Covolume of the row span of a matrix and of the kernel of a matrix Let $L$ be a $k$-dimensional lattice in $\mathbb{R}^n$. The covolume
$\hbox{CoVol}(L)$ of $L$ is the $k$-dimensional volume of a
fundamental domain for $L$, i.e., the volume of the parallelopiped
spanned by a $\mathbb{Z}$-basis for $L$. Now let $m<n$, let $A$ be an
$m$-by-$n$ matrix with coordinates in $\mathbb{Z}$ and with
$\hbox{rank}(A)=m$, and let $\hbox{Minor}(A)$ denote the set of
$m$-by-$m$ minors of $A$. I'd like a reference for the following two
formulas, which must be standard results, but I didn't find them on a
quick look at a couple of references.
$$
  (1)\qquad
  \hbox{CoVol}\bigl(\hbox{Row Span}(A)\bigr) = \sqrt{\det(A\cdot {}^t\!A) }
  = \sqrt{\sum_{B\in\text{Minor}(A)} \det(B)^2}.
$$
Let $\phi_A:\mathbb{Z}^n\to\mathbb{Z}^m$ be the linear transformation
$\phi_A(\boldsymbol{w})=\boldsymbol{w}A$ associated to the matrix $A$.
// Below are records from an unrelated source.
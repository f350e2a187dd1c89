//! A machine whose rows are put in batches.

ghost use Rattle.std.specs.Prelude.{◌≡◌, ◌++◌, ◌∷◌, [], IfNone, IfOk, IfSome, OnOk};
ghost use Rattle.std.specs.Bool.{OnFalse, OnTrue};
ghost use Rattle.bac_batch.specs.Batch.{Answers, Asks, Ends, Gathers, GivesBatched, HearsBatched};
ghost use Rattle.bac_batch.specs.Batch.{HoldsRows, IsBatch, IsBatchBefore, IsFreed, IsHeld};
ghost use Rattle.bac_batch.specs.Batch.{IsKeep, NoneFreed, ReadsBatched, Tells, Waits};
ghost use Rattle.bac_batch.specs.Batch.{cut_short, fresh_batch, is_due, is_nearly_full, left};

use bac_archive::Put;
use bac_drive::{Machine, Next};
use bac_ports::{Heard, SocketFault};
use std::alloc::{AllocError, Global};
use std::collections::VecDeque;
use std::marker::Model;
use std::mem::replace;

/// How many replies a batch has at most.
const MOST_REPLIES: u32 = 64;

/// From 48 replies on it is put as soon as nothing is there to be heard: so it is written while
/// answers are on their way, and not while they wait.
const ROOM_AT_REST: u32 = 16;

/// How long rows are held, in milliseconds, by the clock as it was read last.
const MOST_MS: u64 = 100;

/// A machine whose rows are put in batches.
#[derive(Drop)]
pub struct Batching<M> {
    machine: M,
    /// Rows that it wants to be put, and that aren't yet: the batch.
    puts: Vec<Put>,
    /// How many replies more the batch takes.
    room: u32,
    /// What the clock had told last as the first of them came, in milliseconds.
    since: u64,
    /// What it has told last.
    time: u64,
    /// What is to be done behind the batch: lines, and at last a wait or the end.
    behind: VecDeque<Next>,
    /// Whether the last wait brought no datagram.
    quiet: bool,
}

impl<M> Model for Batching<M> {
    ghost use Rattle.bac_batch.specs.Batch.{Batched};

    ghost Value = { Batched M };

    ghost view = { λ it. record {
      machine = it.machine;
      puts = it.puts.items;
      room = it.room;
      since = it.since;
      time = it.time;
      behind = it.behind.items;
      quiet = it.quiet;
    } };
}

// Nothing is to be done yet: a batch without rows.
fn nothing(alloc: Global) -> Next
    ensures { IsKeep [] result }
{
    Next::Keep(Vec::new(alloc))
}

impl<M> Batching<M> {
    /// Around a machine that has said nothing yet.
    pub fn new(alloc: Global, machine: M) -> Batching<M>
        ensures { result ≡ fresh_batch machine }
    {
        Batching {
            machine,
            puts: Vec::new(alloc),
            room: MOST_REPLIES,
            since: 0,
            time: 0,
            behind: VecDeque::new(alloc),
            quiet: false,
        }
    }

    /// The machine inside.
    pub fn machine(&self) -> &M
        ensures { result.now ≡ self.now.machine }
    {
        &self.machine
    }

    /// Whether rows are held.
    fn holds(&self) -> bool
        ensures rows { OnTrue result (HoldsRows self.now) }
        ensures none { OnFalse result (self.now.puts ≡ []) }
    {
        !self.puts.is_empty()
    }

    /// The first of what stands behind a batch that was given.
    fn free(&mut self) -> Option<Next>
        ensures some { IfSome result (λ next. IsFreed self.old next self.new) }
        ensures none { IfNone result (NoneFreed self.old × (self.new ≡ self.old)) }
    {
        if self.holds() {
            return None;
        }
        self.behind.pop_front()
    }

    /// The batch.
    fn give(&mut self, alloc: Global) -> Next
        ensures { IsBatch self.old result self.new }
    {
        Next::Keep(replace(&mut self.puts, Vec::new(alloc)))
    }

    /// The batch, and something else behind it.
    fn give_before(&mut self, alloc: Global, next: Next) -> Result<Next, AllocError>
        ensures { IfOk result (λ given. IsBatchBefore next self.old given self.new) }
    {
        self.behind.push_back(next)?;
        Ok(self.give(alloc))
    }

    /// Rows of one more reply are held.
    fn hold(&mut self, puts: Vec<Put>) -> Result<(), AllocError>
        ensures { OnOk result (IsHeld puts.items self.old self.new) }
    {
        if self.holds() {
            let mut puts = puts;
            self.puts.append(&mut puts)?;
            self.room = self.room.saturating_sub(1);
            return Ok(());
        }
        self.puts = puts;
        self.room = MOST_REPLIES - 1;
        self.since = self.time;
        Ok(())
    }

    /// What is to be done with rows: they are held, until the batch takes no more.
    fn gather(&mut self, alloc: Global, puts: Vec<Put>) -> Result<Next, AllocError>
        ensures { IfOk result (λ next. Gathers puts.items self.old next self.new) }
    {
        if puts.is_empty() {
            return Ok(nothing(alloc));
        }
        self.hold(puts)?;
        if self.room > 0 {
            return Ok(nothing(alloc));
        }
        Ok(self.give(alloc))
    }

    /// What is to be done with a line: it stands behind the rows that are held.
    fn tell(&mut self, alloc: Global, line: Next) -> Result<Next, AllocError>
        ensures { IfOk result (λ next. Tells line self.old next self.new) }
    {
        if !self.holds() {
            return Ok(line);
        }
        self.behind.push_back(line)?;
        Ok(nothing(alloc))
    }

    /// How many milliseconds more the rows are held.
    fn left(&self) -> u64
        ensures { result ≡ left self.now }
    {
        MOST_MS.saturating_sub(self.time.saturating_sub(self.since))
    }

    /// Whether the batch is nearly full.
    fn is_nearly_full(&self) -> bool
        ensures { result ≡ is_nearly_full self.now }
    {
        self.room <= ROOM_AT_REST
    }

    /// Whether it is to be put before a wait.
    fn is_due(&self) -> bool
        ensures { result ≡ is_due self.now }
    {
        self.left() == 0 || (self.is_nearly_full() && self.quiet)
    }

    /// How many milliseconds it is waited where rows are held.
    fn cut_short(&self, most: u32) -> u32
        ensures { result ≡ cut_short most self.now }
    {
        if self.is_nearly_full() {
            0
        } else {
            u64::from(most).min(self.left()) as u32
        }
    }

    /// What is to be done at a wait: rows are held no longer than they may be.
    fn wait(&mut self, alloc: Global, most: u32) -> Result<Next, AllocError>
        ensures { IfOk result (λ next. Waits most self.old next self.new) }
    {
        if !self.holds() {
            return Ok(Next::Wait(most));
        }
        if self.is_due() {
            return self.give_before(alloc, Next::Wait(most));
        }
        Ok(Next::Wait(self.cut_short(most)))
    }

    /// What is to be done at the end: nothing is held then.
    fn end(&mut self, alloc: Global) -> Result<Next, AllocError>
        ensures { IfOk result (λ next. Ends self.old next self.new) }
    {
        if !self.holds() {
            return Ok(Next::End);
        }
        self.give_before(alloc, Next::End)
    }

    /// What is to be done where the machine inside wants this.
    fn answer(&mut self, alloc: Global, wanted: Next) -> Result<Next, AllocError>
        ensures { IfOk result (λ next. Answers wanted self.old next self.new) }
    {
        match wanted {
            Next::Keep(puts) => self.gather(alloc, puts),
            Next::Print(text) => self.tell(alloc, Next::Print(text)),
            Next::Warn(text) => self.tell(alloc, Next::Warn(text)),
            Next::Wait(most) => self.wait(alloc, most),
            Next::End => self.end(alloc),
            Next::Send(datagram, to) => Ok(Next::Send(datagram, to)),
            Next::Read => Ok(Next::Read),
        }
    }
}

impl<M: Machine> Batching<M> {
    /// The machine inside is asked.
    fn ask(&mut self, alloc: Global) -> Result<Next, AllocError>
        ensures { IfOk result (λ next. Asks M.gives self.old next self.new) }
    {
        let wanted = self.machine.next(alloc)?;
        self.answer(alloc, wanted)
    }

    /// What is to be done next.
    fn want(&mut self, alloc: Global) -> Result<Next, AllocError>
        ensures { IfOk result (λ next. GivesBatched M.gives self.old next self.new) }
    {
        match self.free() {
            Some(next) => Ok(next),
            None => self.ask(alloc),
        }
    }

    /// What came is for the machine inside.
    fn take(&mut self, heard: Result<Heard, SocketFault>)
        ensures { HearsBatched M.hears self.old heard self.new }
    {
        let quiet = heard.is_err();
        self.machine.hear(heard);
        self.quiet = quiet;
    }

    /// So is what the clock tells. It never goes back.
    fn read_to(&mut self, ms: u64)
        ensures { ReadsBatched M.reads self.old ms self.new }
    {
        self.machine.read(ms);
        self.time = self.time.max(ms);
    }
}

impl<M: Machine> Machine for Batching<M> {
    ghost gives = { λ old given new. GivesBatched M.gives old given new };

    ghost hears = { λ old heard new. HearsBatched M.hears old heard new };

    ghost reads = { λ old ms new. ReadsBatched M.reads old ms new };

    fn next(&mut self, alloc: Global) -> Result<Next, AllocError> {
        self.want(alloc)
    }

    fn hear(&mut self, heard: Result<Heard, SocketFault>) {
        self.take(heard);
    }

    fn read(&mut self, ms: u64) {
        self.read_to(ms);
    }
}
Then $\hbox{Ker}(\phi_A)$ is an $(n-m)$-dimensional lattice whose covolume
is given by the formula
$$
  (2)\qquad
  \hbox{CoVol}\bigl(\hbox{Ker}(\phi_A)\bigr)
  = \frac{\hbox{CoVol}\bigl(\hbox{Row Span}(A)\bigr)}
         {\gcd\bigl\{\det(B) : B\in\hbox{Minor}(A)\bigr\}}.
$$
 A: Equality (2) can be proved through the Smith Normal Form of $A$. I am pretty sure there is a simpler proof then the one below.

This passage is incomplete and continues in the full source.